Qu'est-ce que la libération conditionnelle ?

La libération conditionnelle (LC) est un mécanisme prévu par le code de procédure pénale qui permet à votre proche de quitter la prison avant la fin de sa peine, à condition de respecter des obligations fixées par le juge pendant toute la durée du délai d'épreuve. Contrairement à une idée reçue, il ne s'agit pas d'une remise de peine ni d'un effacement de la condamnation : la peine continue de s'exécuter, mais en milieu ouvert et sous contrôle du service pénitentiaire d'insertion et de probation (SPIP). Votre proche sera suivi, convoqué régulièrement et devra justifier du respect de chacune des obligations imposées par le juge.

Si votre proche respecte l'ensemble de ces conditions jusqu'à l'expiration du délai d'épreuve, la peine est considérée comme intégralement exécutée. C'est un point essentiel : la LC n'est pas une faveur accordée par l'administration, mais un droit encadré par la loi, dont l'objectif est de favoriser la réinsertion tout en protégeant la société. En cas de manquement aux obligations, le juge peut révoquer la mesure et ordonner la réincarcération pour le reliquat de peine - mais cette révocation n'est jamais automatique.

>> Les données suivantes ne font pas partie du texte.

//! The end of a page of a plan in which a zone has several guests, after its lines.
//! `tools/film_page` makes this file of `page.html` and others: change those.

/// The end of a page of a plan in which a zone has several guests, after its lines.
pub const SPACES_TAIL: &str = r##"</script>
<script>
"use strict";
// Plays a film of a plant: its frames, the page's words, lanes, bar, keys and pointer.

const POSTURES = ["closed", "moving", "openin", "openout"];

// The word: the first side of a zone has two to four bits for the owner, by how many guests there are; each side has one
// for a plate if a way leads through it, and none, one or two for its posture, by how many it may have; then one a
// place, twenty for the stamp, one for the stop.
const FIRST = ZONES.map((zone, i) => { while (ZONES[i].joins) i--; return i; });
const OWNERS = FIRST.map((first) => [null, ZONES[first].host, ...ZONES.filter((zone, i) => FIRST[i] === first).map(({guest}) => guest)]);
const OWNER_BITS = FIRST.map((first, i) => first !== i ? 0 : OWNERS[i].length < 5 ? 2 : OWNERS[i].length < 9 ? 3 : 4);
const FIELDS = ZONES.map(({name, postures = POSTURES}) => ({
  postures, flag: POSTURES.some((it) => WAYS[name + " " + it]) ? 1 : 0, posture: postures.length >> 1,
}));
const LOWS = FIELDS.reduce((lows, {flag, posture}, i) => [...lows, lows[i] + OWNER_BITS[i] + flag + posture], [0]);
const STAMP = LOWS[ZONES.length] + PLACES, UNUSED = 64 - (STAMP + 21);

const zoneOf = (name) => ZONES.findIndex((zone) => zone.name === name);

// ---- Frames: the state after each turn. They share what doesn't change.

function unpacked(word) {
  const bits = (low, count) => Number((word >> BigInt(low)) & ((1n << BigInt(count)) - 1n));
  const zones = ZONES.map((zone, i) => {
    const owner = OWNERS[i][bits(LOWS[FIRST[i]], OWNER_BITS[FIRST[i]])], {postures, flag, posture} = FIELDS[i];
    const low = LOWS[i] + OWNER_BITS[i];
    return {owner, flag: bits(low, flag), posture: postures[bits(low + flag, posture)]};
  });
  const places = Array.from({length: PLACES}, (_, i) => bits(LOWS[ZONES.length] + i, 1));
  const plates = places.filter((full) => full).length + zones.filter((zone) => zone.flag).length;
  return {zones, places, plates, stamp: bits(STAMP, 20), stopped: bits(STAMP + 20, 1)};
}

// Plates have numbers: who is at each place, and then in each zone.
function firstPlates({places}) {
  let count = 0;
  return [...places.map((full) => (full ? ++count : 0)), ...ZONES.map(() => 0)];
}

function replaced(list, i, item) {
  const copy = list.slice();
  copy[i] = item;
  return copy;
}

function movedPlates(before, frame) {
  const [verb, name] = frame.call.split(" ");
  const zone = zoneOf(name);
  const plates = before.plates.slice();
  const move = (from, to) => {
    plates[to] = plates[from];
    plates[from] = 0;
  };
  const way = zone >= 0 && WAYS[name + " " + before.state.zones[zone].posture];
  if (verb === "give" && way) move(way[0], PLACES + zone);
  if (verb === "take" && way) move(PLACES + zone, way[1]);
  if (verb === "advance") move(...WORK[frame.machine]);
  return plates;
}

// Whom each machine waits for. One that stays where it was refused waits for the other party of the zone, or for who
// is named.
function waitsAfter(before, frame, stays, isOver) {
  const {machine, call, answer} = frame, last = before.waits[machine];
  if (!stays && !last) return before.waits;
  const waits = {...before.waits};
  delete waits[machine];
  if (!stays || isOver) return waits;
  const why = call + ": " + answer, [verb, name] = call.split(" "), [word, who] = answer.split(" ");
  const zone = ZONES[zoneOf(word === "platein" ? who : verb === "pose" ? "" : name)];
  let target = zone && (zone.host === machine ? zone.guest : zone.host);
  if ((word === "held" || word === "notowner") && who !== "free") target = who;
  if (word === "stopped") target = "watch";
  const count = last && last.why === why ? last.count + 1 : 1;
  waits[machine] = {target, why, count, stamp: frame.state.stamp};
  return waits;
}

// The ring of machines in which each waits for the next, if there is one. All were refused in this very state, ask the
// same again, and only the next could change what they wait for: so it is a standstill.
function ringOf({waits, state}) {
  if (!ASK_AGAIN) return [];
  const next = (machine) => waits[machine] && waits[machine].stamp === state.stamp && waits[machine].target;
  for (const first of MACHINES) {
    const ring = [first];
    for (let it = next(first); it && !ring.includes(it); it = next(it)) ring.push(it);
    if (next(ring[ring.length - 1]) === first) return ring;
  }
  return [];
}

// ---- Words: machines, calls, the word, the state as a report has it.

const textOf = (zone, i) => `zone ${ZONES[i].name} ${zone.owner || "free"} ${zone.flag} ${zone.posture}`;

function reportOf(frame) {
  const {zones, places, stamp, plates, stopped} = frame.state;
  const last = `stamp ${stamp} plates ${plates} stopped ${stopped}`;
  return [...zones.map(textOf), "places " + places.join(""), ...axesOf(frame), last].join("\n");
}

// How wide the columns of the calls are.
const longest = (texts, least) => Math.max(least, ...texts.map((it) => it.length + 1));
const WHO = longest(MACHINES, 8), WHAT = longest(ZONES.map(({name}) => "inquire " + name), 16);

const times = (count) => (count > 1 ? " &#215;" + count : "");

function doing(frame, machine, i) {
  const wait = frame.waits[machine], [step, status] = frame.steps[i].split("!");
  if (status) return `<span class="alarm">stopped: ${status}</span>`;
  if (wait) return `waits: ${wait.why}${times(wait.count)}`;
  if (frame.machine === machine && frame.call) return `<b>${frame.call}: ${frame.answer}</b>`;
  return frame.machine === machine && frame.drives ? "drives" : "";
}

function machineRows(frame) {
  return MACHINES.map((machine, i) => {
    const style = `background:${colour(machine)};color:${inkOn(machine)}`;
    return `<tr><td><span class="chip" style="${style}">${markOf(machine)}</span><td><b>${machine}</b>`
      + `<td>${frame.steps[i].split("!")[0]}<td>${doing(frame, machine, i)}`;
  }).join("");
}

// The calls up to a turn, the last one below. Equal calls of a machine that follow one another are one line.
function callRows(frames, now) {
  const rows = [], last = {};
  for (let k = now; k > 0 && rows.length < 40 && k > now - 5000; k--) {
    const {machine, call, answer, state, waits: {[machine]: wait}} = frames[k], row = last[machine];
    const text = call && machine.padEnd(WHO) + call.padEnd(WHAT) + answer, kind = answer === "done" ? "done" : "soft";
    if (row && row.text === text && kind === "soft") row.count += row.waits ? 0 : 1;
    else {
      last[machine] = {text, kind, waits: wait, count: wait ? wait.count : 1, stamp: state.stamp};
      if (call) rows.push(last[machine]);
    }
  }
  return rows.reverse().map(({text, count, stamp, kind}) =>
    `<div class="${kind}">${String(stamp).padStart(5)} ${text}${times(count)}</div>`).join("");
}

À partir de quand peut-on la demander ?

Le temps d'épreuve - c'est-à-dire la durée minimale de détention avant de pouvoir déposer une demande - est défini par la loi du 15 août 2014 (dite loi Taubira). Depuis cette réforme, le seuil est fixé à la mi-peine pour tout le monde, sans distinction entre primo-délinquant et récidiviste. Cette uniformisation a mis fin à l'ancien système qui imposait aux récidivistes d'attendre les deux tiers de leur peine. En pratique, cela signifie qu'une personne condamnée à 6 ans de prison peut déposer sa demande dès qu'elle a purgé 3 ans.

Plusieurs situations particulières méritent attention. Pour les personnes condamnées à la réclusion criminelle à perpétuité, le temps d'épreuve est de 18 ans, porté à 22 ans en cas de récidive criminelle. Pour les personnes de plus de 70 ans, la loi ne fixe aucun temps d'épreuve : la libération conditionnelle peut être demandée à tout moment dès lors que l'insertion ou la réinsertion est assurée. Par ailleurs, le juge est tenu d'examiner d'office la situation de chaque condamné aux deux tiers de la peine (article 730-3 CPP) : même sans demande, votre proche verra sa situation examinée à ce stade. En revanche, si une période de sûreté a été prononcée par la juridiction de jugement, elle repousse la date à laquelle la demande devient recevable - c'est un point à vérifier en priorité.

Quelles conditions faut-il remplir ?

Le juge ne se contente pas de vérifier que le temps d'épreuve est atteint : il examine en profondeur les efforts sérieux de réadaptation sociale accomplis par votre proche pendant la détention. Cette notion est centrale. Le juge cherche à déterminer si votre proche a construit un projet de sortie crédible, suffisamment solide pour limiter le risque de récidive et assurer une réinsertion durable. Ce n'est pas un examen sur pièces purement formel - c'est une évaluation globale du parcours en détention et des perspectives à la sortie.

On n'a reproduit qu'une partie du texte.